“Legítima indefensa” reza el nombre del espectáculo, que es una intervención teatral poderosa a cargo de tres mujeres. Ellas provocan al público, lo llevan a cuestionarse un tema fuera de agenda: ¿qué pasa con las víctimas que terminan matando a los varones golpeadores, que las han maltratado a veces durante años sin que ninguna intervención exterior modifique la situación?
El Estado no pone en juego ningún dispositivo de cuidado para que el maltrato finalice o para que la mujer salve su vida. Las denuncias se amontonan en los cajones. Las órdenes de exclusión se vencen. Los abogados cobran. Los refugios no alcanzan. Las personas se deshacen, los hijos lloran. Y un día alguien mata a alguien. Pero claro, a mujer que mata a su golpeador no lo hace en mitad de la golpiza para mostrar la evidente defensa propia, porque no puede. Lo hace cuando el violento baja la guardia. Por lo tanto es juzgada por homicidio con agravantes: lo ha premeditado. Solo se salva si es insana, pero resulta que no lo es.

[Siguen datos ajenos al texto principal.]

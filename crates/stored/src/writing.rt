// The bytes of a record, written one behind the other.
ghost use Rattle.std.specs.Prelude.{◌≡◌, ◌++◌, ◌+◌, ◌*◌, ◌≤◌, length, drop};
ghost use Rattle.answers.specs.Limits.{room_limit};
ghost use Rattle.line.specs.Line.{line_of};
ghost use Rattle.stored.specs.Record.{mark, version_of, word, joined, place_bytes, home_bytes, record_of, size_of};
ghost use Rattle.stored.specs.Steps.{put_at};

// The longest line of version 1.
const LONGEST_1: usize = 4096;

// How many bytes the record of so many places and characters has.
#[tactic(auto, using(line::proofs::Room::room_small), unfolding(crate::specs::Record::size_of))]
pub fn size(used: usize, characters: usize) -> usize
    requires { (used ≤ room_limit) × (characters ≤ room_limit) }
    ensures { result ≡ size_of used characters }
{
    9 + used * 4 + characters * 2
}

// The version of a line's record.
#[tactic(auto, unfolding(crate::specs::Record::version_of, crate::specs::Record::longest1))]
pub fn version_of(used: usize) -> u16
    ensures { result ≡ version_of used }
{
    if LONGEST_1 < used { 2 } else { 1 }
}

#[tactic(auto, unfolding(crate::specs::Steps::put_at))]
fn put_mark(buffer: &mut [u8])
    requires { 3 ≤ length buffer.old }
    ensures { buffer.new ≡ put_at 0 mark buffer.old }
{
    buffer[..3].copy_from_slice(&[0x53, 0x4C, 0x4E]);
}

// A 16-bit number, big-endian.
#[tactic(auto, unfolding(crate::specs::Steps::put_at))]
fn put_word(buffer: &mut [u8], at: usize, number: u16)
    requires { at + 2 ≤ length buffer.old }
    ensures { buffer.new ≡ put_at at (word number) buffer.old }
{
    buffer[at..at + 2].copy_from_slice(&number.to_be_bytes());
}

// Mark, version, length and characters.
#[tactic(auto, using(line::proofs::Room::room_small, crate::proofs::Written::head_put))]
fn put_head(buffer: &mut [u8], used: usize, characters: usize)
    requires { (9 ≤ length buffer.old) × (used ≤ room_limit) × (characters ≤ room_limit) }
    ensures { buffer.new ≡ put_at 0 (mark ++ word (version_of used) ++ word used ++ word characters) buffer.old }
{
    put_mark(buffer);
    put_word(buffer, 3, version_of(used));
    put_word(buffer, 5, used as u16);
    put_word(buffer, 7, characters as u16);
}

// Glyph and tag of one place.
#[tactic(auto, using(crate::proofs::Written::place_put))]
fn put_place(buffer: &mut [u8], at: usize, glyph: u16, tag: u16)
    requires { at + 4 ≤ length buffer.old }
    ensures { buffer.new ≡ put_at at (word glyph ++ word tag) buffer.old }
{
    put_word(buffer, at, glyph);
    put_word(buffer, at + 2, tag);
}

// Glyph and tag of each place of the line.
fn put_places(buffer: &mut [u8], glyphs: &[u16], tags: &[u16], used: usize)
    requires { (9 + used * 4 ≤ length buffer.old) × (used ≤ length glyphs.now) × (used ≤ length tags.now) }
    ensures { buffer.new ≡ put_at 9 (joined (place_bytes glyphs.now tags.now) used) buffer.old }
{
    for p in 0..used {
        put_place(buffer, 9 + p * 4, glyphs[p], tags[p]);
    }
}

// The homes, from a place of the buffer on.
fn put_homes(buffer: &mut [u8], at: usize, homes: &[u16])
    requires { at + length homes.now * 2 ≤ length buffer.old }
    ensures { buffer.new ≡ put_at at (joined (home_bytes homes.now) (length homes.now)) buffer.old }
{
    for (c, &home) in homes.iter().enumerate() {
        put_word(buffer, at + c * 2, home);
    }
}

// The record of a line, at the buffer's start.
#[tactic(auto, using(crate::proofs::Written::record_put), unfolding(crate::specs::Record::size_of))]
pub fn put_record(buffer: &mut [u8], glyphs: &[u16], tags: &[u16], homes: &[u16], used: usize)
    requires { (size_of used (length homes.now) ≤ length buffer.old) × (used ≤ length glyphs.now) × (used ≤ length tags.now) × (used ≤ room_limit) ×
        (length homes.now ≤ room_limit) }
    ensures { buffer.new ≡ record_of (line_of glyphs.now tags.now homes.now used) ++ drop
        (length (record_of (line_of glyphs.now tags.now homes.now used))) buffer.old }
{
    put_head(buffer, used, homes.len());
    put_places(buffer, glyphs, tags, used);
    put_homes(buffer, 9 + used * 4, homes);
}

Yo estaba segura de mi posición. Resegura. Dije que no era posible pararnos en el sitio de que una mujer maltratada debiera además cargar con el homicidio de su golpeador, condenada a prisión o no. Que era demasiado, que debe haber políticas de cuidado que hagan que nadie llegue a esa situación.
Entonces, alguien del público me contó una historia. Es un varón, y me lo contó en la vereda, en voz baja. Cuando él era niño, lo enviaban junto con sus hermanos de 7 u 8 años a la casa de su abuela, para sacarlos de la atmósfera bestial en la que un padre alcohólico los golpearía a todos. Cierto día, el hombre los fue a buscar, conduciendo el camión. Y la abuela, como se acostumbraba en esos tiempos, los entregó porque era el padre.
Los niños, pequeños, aterrados, deshechos, estuvieron todo el viaje de vuelta alentando al padre borracho a correr más y más rápido. Los desafiaban a saltearse todas las señales. A ser el más veloz de los choferes que hubieran bordeado la ciudad por la costa. Juntos los nenes habían urdido el plan de provocar un choque mortal, como única puerta de salida del infierno. En su inocencia atacada nunca se les había ocurrido pensar que, de haber conseguido provocar aquel accidente, ellos también morirían: ni lo habían pensado.
Cuando escuché la historia entendí que hay que sentarse a pensar otra vez. Que todos los estamentos de la sociedad tienen que mirar con un cuidado nuevo desde qué lugar se toman las decisiones que se toman. Cuando alguien sabe que nadie lo defenderá y se juega las cartas que le quedan, el castigo es tan relativo.
Por ahora, puedo decir que hay aquí tres mujeres -Viviana Scotti, Cristina Strifezza y Cecilia Zaninetti- que hacen pasar por sus cuerpos un texto sofocante, doloroso y extremo. Una directora las llevó de la mano por este camino nunca antes visitado, Viviana Ruíz, y el producto final es provisorio, breve, y será completado por todas las representaciones simbólicas y experienciales que este público ofrezca.
Porque se trata de unas cuestiones que recién nos estamos atreviendo a pensar. Y las pensamos colectivamente en funciones que se llevan a cabo en El Séptimo Fuego, los sábados del verano.
Las actrices -más que construir personajes- ejecutan el texto en la polifonía de las corporalidades conmovidas. Lo sufren. Lo lloran. Un único dispositivo móvil dinamiza la escena y genera aún más la sensación de un frágil equilibrio, aunque el desequilibrio representa la muerte. “Me muero por vos”, dice en uno de sus primeros párrafos, y lo más atrevido es la indagación sobre un juego erótico que atrapó a la víctima en el sinsentido del circulo violento. Me muero por vos: por tu amor y por tu culpa me muero. Aun en vida.